### [Task instructions]
Your reply should contain every record, restated word for word.

:: Information

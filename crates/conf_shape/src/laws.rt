//! What the definitions of faults say of texts that spell addresses, whatever reads them; and what
//! stands in the raw configuration, key by key.

ghost use Rattle.std.specs.Prelude.{◌≡◌, ◌<◌, ◌≤◌, ◌^◌, ◌↔◌, ℕ, List, Option, Some, None};
ghost use Rattle.std.specs.List.{AllByRecursion};
ghost use Rattle.net_base.specs.Address.{SpellsMac, ip4_text, net4_text};
ghost use Rattle.net_base.specs.Address6.{SpellsIp6, SpellsNet6};
ghost use Rattle.net_base.specs.Address6Reading.{ip6_of, net6_of};
ghost use Rattle.net_base.specs.AddressReading.{spelled_mac, ip4_of, net4_of};
ghost use Rattle.yaml_tree.specs.declared.tree.Pair.{Pair};
ghost use Rattle.yaml_tree.specs.declared.tree.Tree.{Tree};
ghost use Rattle.conf_shape.specs.declared.kinds.Kind.TheVariants.{One, Map};
ghost use Rattle.conf_shape.specs.declared.kinds.MapKind.{MapKind};
ghost use Rattle.conf_shape.specs.declared.kinds.MapKind.TheVariants.{Top, Datapaths, Datapath, Interfaces, Interface, Vlans, Vlan};
ghost use Rattle.conf_shape.specs.declared.kinds.Scalar.{Scalar};
ghost use Rattle.conf_shape.specs.declared.kinds.Scalar.TheVariants.{Flag, Number};
ghost use Rattle.conf_shape.specs.Faults.{first_fault};
ghost use Rattle.conf_shape.specs.Reads.{value_at, flag_of, number_of, text_of, entries_of, flag_at, number_at, text_at, default_of, default_flag, default_number, default_text};
ghost use Rattle.conf_shape.specs.Written.{IsRight, Takes, IsTextAlone};

/// The Ethernet address that a text gives is the one that it spells.
pub fn a_given_mac_is_spelled()
    ensures { (text mac : List ℕ) → (spelled_mac text ≡ Some mac) ↔ SpellsMac text mac }
{}

/// The IPv4 address that a text gives is the one that it spells.
pub fn a_given_ip4_is_spelled()
    ensures { (text : List ℕ) (ip : ℕ) → ip < 2 ^ 32 → (ip4_of text ≡ Some ip) ↔ (text ≡ ip4_text ip) }
{}

/// The IPv4 network that a text gives is the one that it spells.
pub fn a_given_net4_is_spelled()
    ensures { (text : List ℕ) (ip len : ℕ) → ip < 2 ^ 32 → len ≤ 32 → (net4_of text ≡ Some (ip, len)) ↔ (text ≡ net4_text ip len) }
{}

/// The IPv6 address that a text gives is the one that it spells.
pub fn a_given_ip6_is_spelled()
    ensures { (text : List ℕ) (ip : ℕ) → (ip6_of text ≡ Some ip) ↔ SpellsIp6 text ip }
{}

/// The IPv6 network that a text gives is the one that it spells.
pub fn a_given_net6_is_spelled()
    ensures { (text : List ℕ) (ip len : ℕ) → (net6_of text ≡ Some (ip, len)) ↔ SpellsNet6 text ip len }
{}

/// A document with no fault is a map with none, and so is each map that stands under a key of such a
/// map: a key of the tables, a datapath's name, a number or name of an interface or a VLAN.
pub fn maps_of_a_right_document_are_right()
    ensures document { (t : Tree) → first_fault t ≡ None → IsRight Top (entries_of t) }
    ensures below { (m inner : MapKind) (pairs : List Pair) (name : List ℕ) (t : Tree)
        → IsRight m pairs → value_at name pairs ≡ Some t → Takes m name (Map inner) → IsRight inner (entries_of t) }
    ensures datapaths { (pairs : List Pair) → IsRight Datapaths pairs
        → AllByRecursion (λ p. IsRight Datapath (entries_of p.value)) pairs }
    ensures interfaces { (pairs : List Pair) → IsRight Interfaces pairs
        → AllByRecursion (λ p. (number : Option ℕ) × IsRight (Interface number) (entries_of p.value)) pairs }
    ensures vlans { (pairs : List Pair) → IsRight Vlans pairs
        → AllByRecursion (λ p. (number : Option ℕ) × IsRight (Vlan number) (entries_of p.value)) pairs }
{}

/// What is written under a key of a map with no fault stands in the raw configuration, as a flag, a
/// number in its range, a text.
pub fn a_written_value_stands()
    ensures flags { (m : MapKind) (pairs : List Pair) (name : List ℕ) (t : Tree)
        → IsRight m pairs → value_at name pairs ≡ Some t → Takes m name (One Flag)
        → flag_of t ≡ Some (flag_at m name pairs) }
    ensures numbers { (m : MapKind) (pairs : List Pair) (name : List ℕ) (t : Tree) (low high : ℕ)
        → IsRight m pairs → value_at name pairs ≡ Some t → Takes m name (One (Number low high)) → high < 2 ^ 32
        → number_of low high t ≡ Some (number_at m name pairs) }
    ensures texts { (m : MapKind) (pairs : List Pair) (name : List ℕ) (t : Tree) (scalar : Scalar) (own : List ℕ)
        → IsRight m pairs → value_at name pairs ≡ Some t → Takes m name (One scalar) → IsTextAlone scalar
        → text_of t ≡ Some (text_at m name own pairs) }
{}

/// Where a key isn't written, its default by the tables stands in the raw configuration.
pub fn an_unwritten_key_has_its_default()
    ensures flags { (m : MapKind) (pairs : List Pair) (name : List ℕ)
        → value_at name pairs ≡ None → flag_at m name pairs ≡ default_flag (default_of m name) }
    ensures numbers { (m : MapKind) (pairs : List Pair) (name : List ℕ)
        → value_at name pairs ≡ None → number_at m name pairs ≡ default_number (default_of m name) }
    ensures texts { (m : MapKind) (pairs : List Pair) (name own : List ℕ)
        → value_at name pairs ≡ None → text_at m name own pairs ≡ default_text own (default_of m name) }
{}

::::

### [Written answer]
filename crates/conf_shape/src/laws.rt
//! What the definitions of faults say of texts that spell addresses, whatever reads them; and what
//! stands in the raw configuration, key by key.

ghost use Rattle.std.specs.Prelude.{◌≡◌, ◌<◌, ◌≤◌, ◌^◌, ◌↔◌, ℕ, List, Option, Some, None};
ghost use Rattle.std.specs.List.{AllByRecursion};
ghost use Rattle.net_base.specs.Address.{SpellsMac, ip4_text, net4_text};
ghost use Rattle.net_base.specs.Address6.{SpellsIp6, SpellsNet6};
ghost use Rattle.net_base.specs.Address6Reading.{ip6_of, net6_of};
ghost use Rattle.net_base.specs.AddressReading.{spelled_mac, ip4_of, net4_of};
ghost use Rattle.yaml_tree.specs.declared.tree.Pair.{Pair};
ghost use Rattle.yaml_tree.specs.declared.tree.Tree.{Tree};
ghost use Rattle.conf_shape.specs.declared.kinds.Kind.TheVariants.{One, Map};
ghost use Rattle.conf_shape.specs.declared.kinds.MapKind.{MapKind};
ghost use Rattle.conf_shape.specs.declared.kinds.MapKind.TheVariants.{Top, Datapaths, Datapath, Interfaces, Interface, Vlans, Vlan};
ghost use Rattle.conf_shape.specs.declared.kinds.Scalar.{Scalar};
ghost use Rattle.conf_shape.specs.declared.kinds.Scalar.TheVariants.{Flag, Number};
ghost use Rattle.conf_shape.specs.Faults.{first_fault};
ghost use Rattle.conf_shape.specs.Reads.{value_at, flag_of, number_of, text_of, entries_of, flag_at, number_at, text_at, default_of, default_flag, default_number, default_text};
ghost use Rattle.conf_shape.specs.Written.{IsRight, Takes, IsTextAlone};

/// The Ethernet address that a text gives is the one that it spells.
pub fn a_given_mac_is_spelled()
    ensures { (text mac : List ℕ) → (spelled_mac text ≡ Some mac) ↔ SpellsMac text mac }
{}

/// The IPv4 address that a text gives is the one that it spells.
pub fn a_given_ip4_is_spelled()
    ensures { (text : List ℕ) (ip : ℕ) → ip < 2 ^ 32 → (ip4_of text ≡ Some ip) ↔ (text ≡ ip4_text ip) }
{}

/// The IPv4 network that a text gives is the one that it spells.
pub fn a_given_net4_is_spelled()
    ensures { (text : List ℕ) (ip len : ℕ) → ip < 2 ^ 32 → len ≤ 32 → (net4_of text ≡ Some (ip, len)) ↔ (text ≡ net4_text ip len) }
{}

/// The IPv6 address that a text gives is the one that it spells.
pub fn a_given_ip6_is_spelled()
    ensures { (text : List ℕ) (ip : ℕ) → (ip6_of text ≡ Some ip) ↔ SpellsIp6 text ip }
{}

/// The IPv6 network that a text gives is the one that it spells.
pub fn a_given_net6_is_spelled()
    ensures { (text : List ℕ) (ip len : ℕ) → (net6_of text ≡ Some (ip, len)) ↔ SpellsNet6 text ip len }
{}

/// A document with no fault is a map with none, and so is each map that stands under a key of such a
/// map: a key of the tables, a datapath's name, a number or name of an interface or a VLAN.
pub fn maps_of_a_right_document_are_right()
    ensures document { (t : Tree) → first_fault t ≡ None → IsRight Top (entries_of t) }
    ensures below { (m inner : MapKind) (pairs : List Pair) (name : List ℕ) (t : Tree)
        → IsRight m pairs → value_at name pairs ≡ Some t → Takes m name (Map inner) → IsRight inner (entries_of t) }
    ensures datapaths { (pairs : List Pair) → IsRight Datapaths pairs
        → AllByRecursion (λ p. IsRight Datapath (entries_of p.value)) pairs }
    ensures interfaces { (pairs : List Pair) → IsRight Interfaces pairs
        → AllByRecursion (λ p. (number : Option ℕ) × IsRight (Interface number) (entries_of p.value)) pairs }
    ensures vlans { (pairs : List Pair) → IsRight Vlans pairs
        → AllByRecursion (λ p. (number : Option ℕ) × IsRight (Vlan number) (entries_of p.value)) pairs }
{}

/// What is written under a key of a map with no fault stands in the raw configuration, as a flag, a
/// number in its range, a text.
pub fn a_written_value_stands()
    ensures flags { (m : MapKind) (pairs : List Pair) (name : List ℕ) (t : Tree)
        → IsRight m pairs → value_at name pairs ≡ Some t → Takes m name (One Flag)
        → flag_of t ≡ Some (flag_at m name pairs) }
    ensures numbers { (m : MapKind) (pairs : List Pair) (name : List ℕ) (t : Tree) (low high : ℕ)
        → IsRight m pairs → value_at name pairs ≡ Some t → Takes m name (One (Number low high)) → high < 2 ^ 32
        → number_of low high t ≡ Some (number_at m name pairs) }
    ensures texts { (m : MapKind) (pairs : List Pair) (name : List ℕ) (t : Tree) (scalar : Scalar) (own : List ℕ)
        → IsRight m pairs → value_at name pairs ≡ Some t → Takes m name (One scalar) → IsTextAlone scalar
        → text_of t ≡ Some (text_at m name own pairs) }
{}

/// Where a key isn't written, its default by the tables stands in the raw configuration.
pub fn an_unwritten_key_has_its_default()
    ensures flags { (m : MapKind) (pairs : List Pair) (name : List ℕ)
        → value_at name pairs ≡ None → flag_at m name pairs ≡ default_flag (default_of m name) }
    ensures numbers { (m : MapKind) (pairs : List Pair) (name : List ℕ)
        → value_at name pairs ≡ None → number_at m name pairs ≡ default_number (default_of m name) }
    ensures texts { (m : MapKind) (pairs : List Pair) (name own : List ℕ)
        → value_at name pairs ≡ None → text_at m name own pairs ≡ default_text own (default_of m name) }
{}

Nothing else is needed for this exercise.